Le Centre-du-Québec, région vulnérable aux tiques

Par Cynthia Martel
Le Centre-du-Québec, région vulnérable aux tiques
(Photo archives) (Photo : Depositphotos)

SANTÉ. Le Centre-du-Québec, incluant Drummondville, est l’une des quatre régions de la province où le risque de contracter la maladie de Lyme est plus élevé.

Le nombre de personnes atteintes de cette maladie pouvant entraîner de graves conséquences ne cesse d’augmenter au Québec. Selon l’Institut national de santé publique du Québec, 179 cas ont été rapportés en 2016, comparativement à 160 en 2015.

La tique qui transmet la maladie de Lyme est connue sous le nom de tique à pattes noires. Elle vit plus particulièrement dans les forêts, les boisés et les herbes hautes. Comme les populations de tiques s’étendent, il est toutefois possible de se faire piquer ailleurs que dans ces lieux.

Pour quelles raisons observe-t-on une présence accrue de populations de tiques infectées par le Borrelia burgdorferile au Centre-du-Québec? Le Dr Nicholas H. Ogden, vétérinaire spécialisé en écologie des maladies infectieuses, particulièrement la maladie de Lyme, explique pourquoi.

«La maladie de Lyme a émergé vers 1978 dans la ville de Lyme au Connecticut, aux États-Unis, après qu’on ait observé plusieurs cas d’arthrite chez les enfants. Depuis ce temps, l’étendue géographique de la tique est de plus en plus importante. (…) Étant donné que le Centre-du-Québec est limitrophe avec l’Estrie et la Montérégie, d’autres zones à risque et se situant sur les frontières américaines, les tiques sont plus nombreuses», indique celui qui parle au nom de l’Agence de la santé publique du Canada.
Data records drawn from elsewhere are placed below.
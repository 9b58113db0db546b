// Document 01, module 5: a zone's part of a substep. The substep over all zones is a definition here; `substep_loops` has its loop.
#![tactic(auto)]

ghost use Rattle.std.specs.Prelude.{IfSome, ◌≡◌, true, cond, ◌&&◌, List, ◌≤◌, ◌<◌, length, Float, Some, None};
ghost use Rattle.std.specs.Float.Ieee.{lt};
ghost use Rattle.floats.specs.Constants.{zero};
ghost use Rattle.floats.specs.Standins.{finite64};
ghost use Rattle.zone.specs.LentSalts.{lent_salt};
ghost use Rattle.substep.specs.Substep.{zone_index, zone_charge, target_at, lowest_of, counted_energy, zone_step, per_layer, shared_transfer, target_of, common_of, charger_heat, without_logarithm, outcome_of};

use card::{Card, HeatBatteryPcm};
use zone::lent::LentSalts;
use zone::{Kilojoules, KilowattHours, Salt};
use zone_charging::Charged;
use zone_water::{Mode, Shared, Transfer};

// What a substep is asked, in the Rust's words.
#[derive(Clone, Copy)]
pub struct SubstepInput {
    pub mode: Mode,
    // °C entering the battery; of the surroundings in the losses mode
    pub inlet: f64,
    // length of the substep
    pub seconds: f64,
    pub reynold: f64,
    // l/min
    pub flow: f64,
    // kW of the charger; negative for losses
    pub power: f64,
    // charge level, 0 to 1
    pub target: f64,
    pub a: f64,
    pub b: f64,
}

// What stays the same over the zones.
#[derive(Clone, Copy)]
pub struct Common {
    pub mode: Mode,
    pub shared: Shared,
    // °C
    pub reference: f64,
    pub max: f64,
    // charge level, 0 to 1
    pub level: f64,
}

// What a substep hands out besides its arrays.
#[derive(Clone, Copy)]
pub struct Outcome {
    pub outlet: f64,
    // the compensated sum of the energies
    pub delivered: Kilojoules,
    pub charged: KilowattHours,
    pub fault: Option<Fault>,
    // how many the substep took
    pub logarithms: u32,
}

// One zone's part.
#[derive(Clone, Copy)]
pub struct ZoneStep {
    pub temperature: f64,
    pub energy: Kilojoules,
    pub outlet: f64,
    pub left: Kilojoules,
    pub charged: KilowattHours,
    // taken for this zone alone
    pub logarithms: u32,
}

// Why a substep ends its call: refusals 23 and 24.
#[derive(Clone, Copy)]
pub enum Fault {
    Logarithm,
    NotFinite,
}

// What a substep hands out, by value, as the definitions give it. `Outcome`'s fields one by one: the definitions cite them.
#[derive(Clone, Copy)]
pub struct Substep {
    pub zones: [f64; 64],
    pub energies: [f64; 64],
    pub outlet: f64,
    // the compensated sum of the energies
    pub delivered: Kilojoules,
    pub charged: KilowattHours,
    pub fault: Option<Fault>,
    // how many the substep took
    pub logarithms: u32,
}

// The k-th of n zones in the mode's order.
#[tactic(auto, unfolding(crate::specs::Substep::zone_index))]
pub fn zone_index(mode: Mode, n: usize, k: usize) -> usize
    requires { k < n }
    ensures value { result ≡ zone_index mode n k }
    ensures upper_bound { result < n }
{
    match mode {
        Mode::OnlyCharging => n - k - 1,
        Mode::Losses(_) | Mode::Normal => k,
    }
}

// Here and below `target` goes beside `common`: it is of the zone's salt, which no field of the struct knows.
#[tactic(auto, unfolding(crate::specs::Substep::zone_charge))]
fn zone_charge(
    common: Common,
    salt: Salt,
    target: Option<f64>,
    zone: f64,
    left: Kilojoules,
    energy: Kilojoules,
    charged: KilowattHours,
) -> Charged
    requires { lt left.0 zero ≡ true → IfSome target (λ t. t ≡ target_at common salt) }
    ensures { result ≡ zone_charge salt zone (target_at common salt) left energy charged }
{
    if left.0 < 0.0 {
        return zone_charging::process_zone_simultaneous_charging(
            salt,
            zone,
            zone_target(common, salt, target),
            left,
            energy,
            charged,
        );
    }
    Charged {
        left,
        charged,
        heat: energy,
    }
}

// The temperature of the charge level by a zone's salt: `target` where the zones are alike in it.
pub fn zone_target(common: Common, salt: Salt, target: Option<f64>) -> f64
    requires { IfSome target (λ t. t ≡ target_at common salt) }
    ensures { result ≡ target_at common salt }
{
    match target {
        Some(shared) => shared,
        None => zone::layer::soc_to_temp(salt, common.reference, common.max, common.level),
    }
}

// The lowest temperature that the mode leaves a zone at.
#[tactic(auto, unfolding(crate::specs::Substep::lowest_of))]
fn lowest_of(mode: Mode) -> Option<f64>
    ensures { result ≡ lowest_of mode }
{
    match mode {
        Mode::Losses(lowest) => lowest,
        Mode::OnlyCharging | Mode::Normal => None,
    }
}

// What is counted of a zone's energy, of which so much was taken.
#[tactic(auto, unfolding(crate::specs::Substep::counted_energy))]
fn counted_energy(mode: Mode, energy: Kilojoules, taken: Kilojoules) -> Kilojoules
    ensures { result ≡ counted_energy mode energy taken }
{
    match mode {
        Mode::Losses(_) => taken,
        Mode::OnlyCharging | Mode::Normal => energy,
    }
}

// What one zone hands to the next, water, heat and charged energy, goes as three numbers, as in the definitions.
#[tactic(auto, unfolding(crate::specs::Substep::zone_step))]
pub fn zone_step(
    common: Common,
    salt: Salt,
    target: Option<f64>,
    zone: f64,
    inlet: f64,
    left: Kilojoules,
    charged: KilowattHours,
) -> ZoneStep
    requires { lt left.0 zero ≡ true → IfSome target (λ t. t ≡ target_at common salt) }
    ensures { result ≡ zone_step common salt zone inlet left charged }
{
    let mode = common.mode;
    let p = zone_water::get_zone_properties(mode, common.shared, zone, inlet, left);
    let c = zone_charge(common, salt, target, zone, left, p.energy, charged);
    let lowest = lowest_of(mode);
    let update = zone_update::calculate_new_zone_temperature(salt, zone, c.heat, lowest);
    ZoneStep {
        temperature: update.temperature,
        energy: counted_energy(mode, p.energy, update.taken),
        outlet: p.outlet,
        left: c.left,
        charged: c.charged,
        logarithms: p.logarithms,
    }
}

// A zone's share of the heat transfer, worked out once for all zones; a logarithm is taken in the normal mode alone.
#[tactic(auto, unfolding(crate::specs::Substep::zone_transfer, crate::specs::Substep::logarithms_of, crate::specs::Substep::shared_transfer, zone_water::specs::Water::counted_transfer))]
pub fn zone_transfer(mode: Mode, card: Card, input: SubstepInput) -> Transfer
    ensures { result ≡ shared_transfer mode card input }
{
    match mode {
        Mode::OnlyCharging | Mode::Losses(_) => Transfer {
            value: Some(0.0),
            logarithms: 0,
        },
        Mode::Normal => {
            let whole = zone_water::calculate_heat_transfer_kw_per_k(
                input.a,
                input.b,
                input.flow,
                input.reynold,
            );
            Transfer {
                value: per_layer(card, whole.value),
                logarithms: whole.logarithms,
            }
        }
    }
}

#[tactic(auto, unfolding(crate::specs::Substep::per_layer))]
fn per_layer(card: Card, whole: Option<f64>) -> Option<f64>
    ensures { result ≡ per_layer card whole }
{
    Some(whole? / (card.layers as f64))
}

// The temperature of a charge level by the first zone's salt: worked out once for the zones of one salt.
pub fn target_of<const APART: usize>(card: Card, salts: LentSalts<'_, APART>, level: f64) -> f64
    ensures { result ≡ target_of card (lent_salt salts.entry 0) level }
{
    zone::layer::soc_to_temp(salts.zone(0), card.reference, card.max, level)
}

// `mode` is the input's.
#[tactic(auto, unfolding(crate::specs::Substep::common_of))]
pub fn common_of(
    mode: Mode,
    card: Card,
    pcm: HeatBatteryPcm,
    input: SubstepInput,
    transfer: f64,
) -> Common
    requires { mode ≡ input.mode }
    ensures value { result ≡ common_of card pcm input transfer }
    ensures its_mode { result.mode ≡ mode }
{
    Common {
        mode,
        shared: Shared {
            layers: card.layers,
            inlet: input.inlet,
            rated: pcm.rated,
            transfer,
            mass: zone_water::mass_flow(input.flow),
            seconds: input.seconds,
        },
        reference: card.reference,
        max: card.max,
        level: input.target,
    }
}

// The charger's heat over the substep, at first: kilowatts times hours.
#[tactic(auto, unfolding(crate::specs::Substep::charger_heat))]
pub fn charger_heat(input: SubstepInput) -> Kilojoules
    ensures { result ≡ charger_heat input }
{
    KilowattHours(-input.power * input.seconds / floats::SECONDS_PER_HOUR).kilojoules()
}

pub fn progress_fault(
    zones: bool,
    outlet: f64,
    sum: Kilojoules,
    charged: KilowattHours,
) -> Option<Fault>
    ensures { result ≡ cond (zones && (finite64 outlet && (finite64 sum.0 && finite64 charged.0))) None (Some Fault.NotFinite) }
{
    let finite = zones
        & floats::is_finite(outlet)
        & floats::is_finite(sum.0)
        & floats::is_finite(charged.0);
    if finite { None } else { Some(Fault::NotFinite) }
}

// What a substep without its logarithm hands out.
#[tactic(auto, unfolding(crate::specs::Substep::outcome_of, crate::specs::Substep::without_logarithm))]
pub fn without_logarithm() -> Outcome
    ensures { (zones : List Float) → result ≡ outcome_of (without_logarithm zones) }
{
    Outcome {
        outlet: 0.0,
        delivered: Kilojoules(0.0),
        charged: KilowattHours(0.0),
        fault: Some(Fault::Logarithm),
        logarithms: 0,
    }
}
«Les tiques aiment les régions plus chaudes, donc le réchauffement climatique au Québec a contribué à leur prolifération. Le sud du Canada est devenu un environnement propice à la reproduction de la tique. Aussi, de plus en plus d’oiseaux migrateurs en transportent.»

Au dire de M. Ogden, la tique à pattes noires n’a pas fini de gagner du terrain.

«Son cycle de vie est entre trois et cinq ans et elles se reproduisent beaucoup.»

De graves conséquences sur la santé

En cas de morsure sur une personne, la tique reste accrochée à la peau. Si l’insecte n’est pas retiré dans les 24 à 36 heures, le risque d’infection s’accroit, d’après le vétérinaire.

«Dans la plupart des cas, on parvient à prévenir l’infection. C’est que la bactérie, qui se retrouve dans l’estomac de la tique, prend une certaine période à se rendre aux glandes salivaires de l’insecte, généralement, au-delà de 36 heures», précise-t-il, en rappelant qu’il faut utiliser des pinces pour retirer la tique et prendre soin de ne pas l’écraser.

En ce qui a trait aux symptômes, les premiers apparaissent habituellement entre 3 à 30 jours après la piqûre. Le symptôme le plus courant est une rougeur sur la peau, à l’endroit de la piqûre, qui peut parfois être accompagné de fièvre, fatigue, maux de tête, raideur à la nuque ou douleurs musculaires. La maladie de Lyme, fait savoir M. Ogden, se traite avec des antibiotiques prescrits par un médecin. Si elle n’est pas traitée, elle peut atteindre d’autres organes ou parties du corps.

«Des problèmes d’ordre neurologique surviennent et peuvent entraîner, par exemple, la méningite. Des nerfs peuvent aussi paralyser. D’autres personnes peuvent souffrir de problèmes cardiaques ou de douleurs articulaires, comme l’arthrite. Ceci dit, il est très rare qu’on va en mourir», souligne-t-il.

Notons qu’il est préférable de préserver la tique, une fois retirée, pour analyse. Lors de la consultation, le professionnel de la santé demandera quelle partie du corps a été touchée, quand et où cela s’est produit.

 

Comment se protéger?

Voici quelques trucs pour diminuer le risque d’être piqué par une tique à pattes noires :

  • Appliquer un chasse-moustique contenant du DEET;
  • Porter des vêtements longs de couleurs claires et des souliers fermés;
  • Marcher, si possible, dans les sentiers dégagés;
  • Au retour d’une activité extérieure, vérifier la peau;
  • Traiter les animaux domestiques allant à l’extérieur avec des acaricides oraux ou topiques (comme recommandé par le vétérinaire).